# Lab 2 — Basic Anomaly Detection for Cybersecurity Logs

**Student:** Nadav Shapira

MITRE ATT&CK Technique: **T1078 – Valid Accounts**

## 1. Dataset Preparation
Synthetic login data with rare anomalous behavior (~3%).

In [None]:
df.head()

### Dataset Statistics

In [None]:
print(df.shape)
print(df['attack'].value_counts())

## 2. Exploratory Data Analysis

In [None]:
plt.hist(df['login_duration'], bins=50); plt.show()

In [None]:
df['hour'].value_counts().sort_index().plot(kind='bar'); plt.show()

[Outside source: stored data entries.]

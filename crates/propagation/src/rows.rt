//! The rows of updates.
ghost use Rattle.std.specs.Prelude.{◌≡◌, ◌<◌, ◌^◌, ◌∷◌, ◌++◌, [], IfOk, OnOk, length};
ghost use Rattle.propagation.specs.Rows.{canceled_row, stated_from, stated_row, time_row, unmatched_from, unmatched_row};
ghost use Rattle.propagation.specs.declared.event_kind.EventKind.TheVariants as kind;

use crate::event_kind::EventKind;
use crate::own::stated_time;
use crate::prediction_row::PredictionRow;
use crate::row_state::RowState;
use crate::source::Source;
use feed_values::{StopTimeUpdate, copied_text};
use std::alloc::{AllocError, Global};

/// The row of an unmatched update.
fn unmatched_row(
    alloc: Global,
    index: u32,
    update: &StopTimeUpdate,
) -> Result<PredictionRow, AllocError>
    ensures { IfOk result (λ row. row ≡ unmatched_row index update.now) }
{
    Ok(PredictionRow {
        stop_sequence: update.stop_sequence,
        stop_id: copied_text(alloc, &update.stop_id)?,
        event: EventKind::Update,
        scheduled: None,
        predicted: None,
        delay: None,
        source: Source::Update(index),
        state: RowState::Unmatched,
    })
}

/// Appends the rows of the unmatched updates.
pub(crate) fn put_unmatched(
    alloc: Global,
    updates: &[StopTimeUpdate],
    places: &[Option<usize>],
    rows: &mut Vec<PredictionRow>,
) -> Result<(), AllocError>
    requires few { length updates.now < 2 ^ 32 }
    requires size { length places.now ≡ length updates.now }
    ensures { OnOk result (rows.new.items ≡ rows.old.items ++ unmatched_from 0 updates.now places.now) }
{
    for (index, update) in updates.iter().enumerate() {
        if places[index].is_none() {
            rows.push(unmatched_row(alloc, index as u32, update)?)?;
        }
    }
    Ok(())
}

/// The row of a stated time.
fn time_row(
    alloc: Global,
    index: u32,
    update: &StopTimeUpdate,
    event: EventKind,
    time: i64,
) -> Result<PredictionRow, AllocError>
    ensures { IfOk result (λ row. row ≡ time_row index update.now event time) }
{
    Ok(PredictionRow {
        stop_sequence: update.stop_sequence,
        stop_id: copied_text(alloc, &update.stop_id)?,
        event,
        scheduled: None,
        predicted: Some(time as i128),
        delay: None,
        source: Source::Update(index),
        state: RowState::Stated,
    })
}

/// Appends the row of an event whose time an update states.
fn put_stated(
    alloc: Global,
    index: u32,
    update: &StopTimeUpdate,
    event: EventKind,
    rows: &mut Vec<PredictionRow>,
) -> Result<(), AllocError>
    ensures { OnOk result (rows.new.items ≡ rows.old.items ++ stated_row index update.now event) }
{
    if let Some(time) = stated_time(update, event) {
        rows.push(time_row(alloc, index, update, event, time)?)?;
    }
    Ok(())
}

/// The rows of the times that updates state.
pub(crate) fn stated_rows(
    alloc: Global,
    updates: &[StopTimeUpdate],
) -> Result<Vec<PredictionRow>, AllocError>
    requires { length updates.now < 2 ^ 32 }
    ensures { IfOk result (λ rows. rows.items ≡ stated_from 0 updates.now) }
{
    let mut rows = Vec::new(alloc);
    for (index, update) in updates.iter().enumerate() {
        put_stated(alloc, index as u32, update, EventKind::Arrival, &mut rows)?;
        put_stated(alloc, index as u32, update, EventKind::Departure, &mut rows)?;
    }
    Ok(rows)
}

/// The row of a canceled trip.
pub(crate) fn canceled_rows(alloc: Global) -> Result<Vec<PredictionRow>, AllocError>
    ensures { IfOk result (λ rows. rows.items ≡ canceled_row ∷ []) }
{
    let mut rows = Vec::new(alloc);
    rows.push(PredictionRow {
        stop_sequence: None,
        stop_id: None,
        event: EventKind::Trip,
        scheduled: None,
        predicted: None,
        delay: None,
        source: Source::Blank,
        state: RowState::Canceled,
    })?;
    Ok(rows)
}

Normal logins cluster during business hours. Anomalies are long sessions at night.

## 3. Isolation Forest

In [None]:

X = df.drop(columns=['attack'])
y = df['attack']

preprocess = ColumnTransformer([
 ('cat', OneHotEncoder(handle_unknown='ignore'), ['user','country']),
 ('num', StandardScaler(), ['hour','login_duration'])
])

pipe = Pipeline([
 ('prep', preprocess),
 ('iforest', IsolationForest(contamination=0.03, random_state=42))
])

pipe.fit(X)
df['anomaly'] = (pipe.predict(X) == -1).astype(int)
df['score'] = pipe.named_steps['iforest'].decision_function(pipe.named_steps['prep'].transform(X))


In [None]:
print('Detected:', df['anomaly'].sum())
print('Precision:', precision_score(y, df['anomaly']))

In [None]:
plt.hist(df['score'], bins=50); plt.show()

## 4. PCA Visualization

In [None]:

X_t = preprocess.fit_transform(X)
pca = PCA(n_components=2)
X_pca = pca.fit_transform(X_t.toarray())

plt.scatter(X_pca[:,0], X_pca[:,1], c=df['anomaly'], alpha=0.5)
plt.show()


Anomalies appear as sparse outliers separated from dense normal clusters.

## Conclusion
Isolation Forest successfully detected suspicious login behavior consistent with credential misuse.